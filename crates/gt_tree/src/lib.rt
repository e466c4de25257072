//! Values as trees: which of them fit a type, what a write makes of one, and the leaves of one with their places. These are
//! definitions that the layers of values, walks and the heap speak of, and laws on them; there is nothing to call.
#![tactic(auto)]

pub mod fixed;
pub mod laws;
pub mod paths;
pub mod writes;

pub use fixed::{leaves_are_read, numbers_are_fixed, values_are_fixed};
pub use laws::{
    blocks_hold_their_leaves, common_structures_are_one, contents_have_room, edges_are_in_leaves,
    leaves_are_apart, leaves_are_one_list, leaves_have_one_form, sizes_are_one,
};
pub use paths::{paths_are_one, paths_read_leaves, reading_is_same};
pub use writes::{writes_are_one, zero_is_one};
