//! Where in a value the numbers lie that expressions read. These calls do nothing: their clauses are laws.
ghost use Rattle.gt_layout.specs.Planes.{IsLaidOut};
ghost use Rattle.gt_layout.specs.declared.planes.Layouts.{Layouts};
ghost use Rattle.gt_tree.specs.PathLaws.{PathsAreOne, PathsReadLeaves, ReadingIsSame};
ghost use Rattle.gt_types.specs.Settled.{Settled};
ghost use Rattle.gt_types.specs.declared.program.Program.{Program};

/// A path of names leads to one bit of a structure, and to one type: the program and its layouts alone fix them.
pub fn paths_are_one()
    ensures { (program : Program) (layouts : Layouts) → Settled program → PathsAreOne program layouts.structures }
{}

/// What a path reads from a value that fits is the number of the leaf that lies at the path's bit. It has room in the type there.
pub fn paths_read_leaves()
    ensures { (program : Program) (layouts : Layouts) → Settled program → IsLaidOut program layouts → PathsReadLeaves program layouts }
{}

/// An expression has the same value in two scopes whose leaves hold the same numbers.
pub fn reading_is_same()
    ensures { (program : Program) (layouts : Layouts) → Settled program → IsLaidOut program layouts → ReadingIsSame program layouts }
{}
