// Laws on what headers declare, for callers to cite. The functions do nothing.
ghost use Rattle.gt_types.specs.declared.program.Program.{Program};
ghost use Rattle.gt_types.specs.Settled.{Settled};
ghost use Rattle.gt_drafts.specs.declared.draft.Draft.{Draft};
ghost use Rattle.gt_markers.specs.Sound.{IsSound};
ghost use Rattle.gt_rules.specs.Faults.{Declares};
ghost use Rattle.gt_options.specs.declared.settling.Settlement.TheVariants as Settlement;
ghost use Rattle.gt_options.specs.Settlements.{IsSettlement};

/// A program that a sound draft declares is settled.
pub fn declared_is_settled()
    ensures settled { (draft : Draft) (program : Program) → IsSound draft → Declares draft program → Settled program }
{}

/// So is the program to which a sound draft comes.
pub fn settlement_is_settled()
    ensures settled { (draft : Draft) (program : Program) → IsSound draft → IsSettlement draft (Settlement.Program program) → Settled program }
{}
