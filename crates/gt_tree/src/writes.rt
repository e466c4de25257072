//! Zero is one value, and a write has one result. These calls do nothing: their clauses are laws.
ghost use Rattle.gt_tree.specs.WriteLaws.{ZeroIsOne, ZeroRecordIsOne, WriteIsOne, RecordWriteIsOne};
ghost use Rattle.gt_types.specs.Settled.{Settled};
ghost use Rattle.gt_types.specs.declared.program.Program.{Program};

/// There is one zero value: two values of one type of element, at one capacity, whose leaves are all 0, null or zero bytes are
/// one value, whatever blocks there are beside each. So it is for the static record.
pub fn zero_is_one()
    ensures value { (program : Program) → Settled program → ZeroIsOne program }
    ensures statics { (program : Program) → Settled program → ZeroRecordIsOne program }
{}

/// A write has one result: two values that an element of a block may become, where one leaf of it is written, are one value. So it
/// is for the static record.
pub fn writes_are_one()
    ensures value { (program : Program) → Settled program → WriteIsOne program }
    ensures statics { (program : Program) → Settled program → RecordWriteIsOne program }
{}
________________________________________
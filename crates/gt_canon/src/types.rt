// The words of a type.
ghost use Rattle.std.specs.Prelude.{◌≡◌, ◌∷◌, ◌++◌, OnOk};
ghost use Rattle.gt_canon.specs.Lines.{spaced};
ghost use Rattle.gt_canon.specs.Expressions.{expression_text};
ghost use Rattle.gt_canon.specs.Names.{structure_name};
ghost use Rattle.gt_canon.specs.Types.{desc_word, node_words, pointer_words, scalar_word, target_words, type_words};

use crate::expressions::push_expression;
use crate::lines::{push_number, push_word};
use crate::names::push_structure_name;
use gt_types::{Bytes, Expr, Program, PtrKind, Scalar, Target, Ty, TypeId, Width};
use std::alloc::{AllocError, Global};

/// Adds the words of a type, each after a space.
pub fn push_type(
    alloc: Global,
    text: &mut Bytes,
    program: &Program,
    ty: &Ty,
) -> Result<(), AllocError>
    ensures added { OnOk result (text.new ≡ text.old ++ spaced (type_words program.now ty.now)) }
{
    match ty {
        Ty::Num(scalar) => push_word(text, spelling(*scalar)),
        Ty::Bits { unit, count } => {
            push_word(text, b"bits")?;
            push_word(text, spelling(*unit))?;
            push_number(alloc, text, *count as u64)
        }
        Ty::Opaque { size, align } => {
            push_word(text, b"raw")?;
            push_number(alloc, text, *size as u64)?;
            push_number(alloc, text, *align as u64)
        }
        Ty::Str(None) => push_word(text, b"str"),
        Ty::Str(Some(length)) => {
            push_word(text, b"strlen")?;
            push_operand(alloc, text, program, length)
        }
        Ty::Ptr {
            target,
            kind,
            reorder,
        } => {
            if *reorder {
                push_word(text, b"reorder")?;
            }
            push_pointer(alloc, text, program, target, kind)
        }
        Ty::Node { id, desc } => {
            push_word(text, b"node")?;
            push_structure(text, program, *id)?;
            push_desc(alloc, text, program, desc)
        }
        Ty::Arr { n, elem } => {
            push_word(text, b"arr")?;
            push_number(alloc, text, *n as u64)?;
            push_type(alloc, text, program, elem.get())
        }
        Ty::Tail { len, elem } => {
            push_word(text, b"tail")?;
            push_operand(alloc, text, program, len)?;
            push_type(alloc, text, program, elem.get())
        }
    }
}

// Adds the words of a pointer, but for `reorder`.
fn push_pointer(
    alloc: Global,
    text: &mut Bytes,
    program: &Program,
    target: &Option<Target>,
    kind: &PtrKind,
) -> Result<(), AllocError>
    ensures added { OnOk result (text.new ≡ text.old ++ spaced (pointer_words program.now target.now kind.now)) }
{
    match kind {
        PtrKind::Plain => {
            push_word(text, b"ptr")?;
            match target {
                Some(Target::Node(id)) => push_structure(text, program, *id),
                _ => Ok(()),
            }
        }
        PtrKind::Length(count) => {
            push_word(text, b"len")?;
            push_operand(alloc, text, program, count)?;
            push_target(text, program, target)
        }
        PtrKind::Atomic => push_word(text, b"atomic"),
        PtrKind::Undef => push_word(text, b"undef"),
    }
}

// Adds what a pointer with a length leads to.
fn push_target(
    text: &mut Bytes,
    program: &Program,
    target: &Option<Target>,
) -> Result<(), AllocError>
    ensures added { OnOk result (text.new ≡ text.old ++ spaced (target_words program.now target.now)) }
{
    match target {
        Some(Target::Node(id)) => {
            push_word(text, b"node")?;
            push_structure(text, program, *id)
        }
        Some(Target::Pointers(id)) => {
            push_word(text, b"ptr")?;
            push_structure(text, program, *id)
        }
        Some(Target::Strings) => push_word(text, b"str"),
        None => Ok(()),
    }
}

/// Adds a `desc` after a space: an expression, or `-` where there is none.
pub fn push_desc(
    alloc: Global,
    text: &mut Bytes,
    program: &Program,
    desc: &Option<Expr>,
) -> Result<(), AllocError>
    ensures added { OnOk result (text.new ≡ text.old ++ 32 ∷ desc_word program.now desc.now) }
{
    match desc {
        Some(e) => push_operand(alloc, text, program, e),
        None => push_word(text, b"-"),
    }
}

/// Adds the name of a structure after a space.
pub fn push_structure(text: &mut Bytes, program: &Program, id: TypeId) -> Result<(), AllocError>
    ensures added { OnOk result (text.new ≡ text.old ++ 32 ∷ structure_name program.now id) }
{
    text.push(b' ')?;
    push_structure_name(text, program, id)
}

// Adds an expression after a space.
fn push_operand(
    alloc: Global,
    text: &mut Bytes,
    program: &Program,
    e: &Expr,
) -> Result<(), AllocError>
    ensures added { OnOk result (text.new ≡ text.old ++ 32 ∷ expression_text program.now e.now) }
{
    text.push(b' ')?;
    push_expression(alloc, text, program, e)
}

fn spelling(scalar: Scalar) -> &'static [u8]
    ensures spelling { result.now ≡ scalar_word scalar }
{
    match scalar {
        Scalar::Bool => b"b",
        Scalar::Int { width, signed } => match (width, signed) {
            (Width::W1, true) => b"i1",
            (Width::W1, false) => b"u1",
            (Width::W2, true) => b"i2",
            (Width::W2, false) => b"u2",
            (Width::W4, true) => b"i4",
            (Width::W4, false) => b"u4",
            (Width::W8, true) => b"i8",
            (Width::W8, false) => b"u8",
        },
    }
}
________________________________________
* Work instructions *
Pull every line with the string "spelling" from the data above.

* Solution to this exercise *
        Ty::Num(scalar) => push_word(text, spelling(*scalar)),
            push_word(text, spelling(*unit))?;
fn spelling(scalar: Scalar) -> &'static [u8]
    ensures spelling { result.now ≡ scalar_word scalar }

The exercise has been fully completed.